A teaching repo that shows how to build an agentic RAG system with LangGraph — hierarchical indexing, multi-agent map-reduce, self-correction, and context compression. Aimed at developers learning how RAG pipelines actually work beyond the toy tutorial level. The Gradio app makes it runnable without writing a line of code.
Parent/child chunk splitting is implemented correctly — small chunks for retrieval precision, large parents for answer context, with sensible merge/split logic to handle markdown header variability. The context compression step is a real solution to a real problem: without it, long retrieval loops blow past the context window. Token budgeting with tiktoken before compressing is the right call.

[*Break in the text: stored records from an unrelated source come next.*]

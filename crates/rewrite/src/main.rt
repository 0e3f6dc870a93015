// A picture read back and written again (document 01, 'The picture'). Standard input has the picture of a partition; it is loaded
// into fresh tables, and written from them as many times as the argument says. Standard output has what the last time left, the same
// bytes. One time shows that; many are for measuring one (bench/). Where something is refused, its number stands there instead: so
// is a back-pointer of another partition's (16), since in fresh tables the others have given no number.
#![tactic(auto)]

ghost use Rattle.std.specs.Prelude.{◌≡◌, ◌≤◌, length, IfOk};
ghost use Rattle.loading.specs.Loaded.{loaded};
ghost use Rattle.writing.specs.Written.{after};
ghost use Rattle.rewrite.specs.Again.{Counts, again, awaiting, times_of};

use answers::Answered;
use lines::number_at;
use numbers::refusal_number;
use picture::Head;
use protocol::Refusal;
use reading::read_picture;
use std::io::{self, Read, Write};
use std::rt::Env;
use tables::Tables;
use writing::write_picture;

// More bytes than the largest picture has, 2,620: a picture that fills a buffer is refused.
const BUFFER: usize = 4096;

// How many times, as a decimal says it; of anything else none, and then nothing is written.
fn times_of(word: &[u8]) -> u32
    ensures { result ≡ times_of word.now }
{
    let Some((times, next)) = number_at(word, 0) else {
        return 0;
    };
    if next < word.len() {
        return 0;
    }
    times
}

// Fresh tables of as many partitions as a header says, with the header's own down: only such a one is loaded. Those that are lent
// to `open` are not looked at.
fn awaiting(head: Head) -> Tables
    ensures { result ≡ awaiting head }
{
    let opened = events::open(tables::fresh::fresh(0), u32::from(head.count));
    events::crash(opened.tables, u32::from(head.partition)).tables
}

fn load_alone(head: Head, bytes: &[u8]) -> Answered
    ensures { result ≡ loaded (awaiting head) head.partition bytes.now }
{
    loading::load(awaiting(head), u32::from(head.partition), bytes)
}

// Each time the whole of the picture is written over what the time before it left.
fn write_times(t: Tables, p: u32, times: u32, room: &mut [u8]) -> Result<usize, Refusal>
    ensures room_after { after result room.new ≡ again t p times room.old }
    ensures prefix_len { IfOk result (λ size. Counts size room.new) }
{
    let mut told = Ok(0);
    for _time in 0..times {
        told = write_picture(t, p, room);
    }
    told
}

// The picture's size in the room, once it is loaded and written, or why it is not.
fn rewritten(bytes: &[u8], times: u32, room: &mut [u8]) -> Result<usize, Refusal>
    ensures { IfOk result (λ size. Counts size room.new) }
{
    let head = read_picture(bytes)?.head;
    let loaded = load_alone(head, bytes);
    if loaded.answer.refusal != Refusal::Accepted {
        return Err(loaded.answer.refusal);
    }
    write_times(loaded.tables, u32::from(head.partition), times, room)
}

// The picture where it was written, or else the number of the refusal.
fn rewrite(rt: &HostRuntime, bytes: &[u8], times: u32, room: &mut [u8]) -> io::Result<()> {
    match rewritten(bytes, times, room) {
        Ok(size) => rt.stdout().write_all(&room[..size]),
        Err(why) => {
            let number = refusal_number(why);
            println!(rt; "{number}")
        }
    }
}

// Reads until the buffer is full, the input ends or a read fails, and says how many bytes it has then.
fn read_full<R: Read>(from: &mut R, bytes: &mut [u8]) -> usize
    ensures { result ≤ length bytes.new }
{
    let mut size: usize = 0;
    // Each read says how much it filled, so no iterator has the turns.
    while size < bytes.len() {
        match from.read(&mut bytes[size..]) {
            Ok(0) => return size,
            Ok(read) => size += read,
            Err(_) => return size,
        }
    }
    size
}

// How many times the first argument says; none where there is none, or one that is longer than the buffer.
fn times_told(rt: &HostRuntime) -> u32 {
    let mut word = [0; BUFFER];
    match rt.arg(1, &mut word) {
        Ok(length) => times_of(&word[..length]),
        Err(_) => 0,
    }
}

fn main(rt: HostRuntime) -> io::Result<()> {
    let mut bytes = [0; BUFFER];
    let size = read_full(&mut rt.stdin(), &mut bytes);
    let times = times_told(&rt);
    let mut room = [0; BUFFER];
    rewrite(&rt, &bytes[..size], times, &mut room)
}
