// What a line answers: its numbers (`answer`), and their text in a lent buffer (`text`).
#![tactic(auto)]

pub mod answer;
pub mod text;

The retrieval key deduplication (tracking already-fetched parent IDs and search queries across iterations) prevents the agent from spinning in circles re-fetching the same data.
Parent chunks are stored as flat JSON files in a directory — fine for a demo, breaks immediately at any meaningful document scale. No persistence layer means re-indexing from scratch on every restart. The tiktoken trick for token estimation uses the GPT-4 tokenizer as a proxy for whatever LLM you actually configured, which gives wrong numbers for Ollama models or Gemini. The `score_threshold` in `similarity_search` is hardcoded at 0.4 but is not calibrated per embedding model — the Qwen3-Embedding-0.6B model will have a different score distribution than a model trained on MSMARCO, so you'll get either too many or zero results depending on your docs.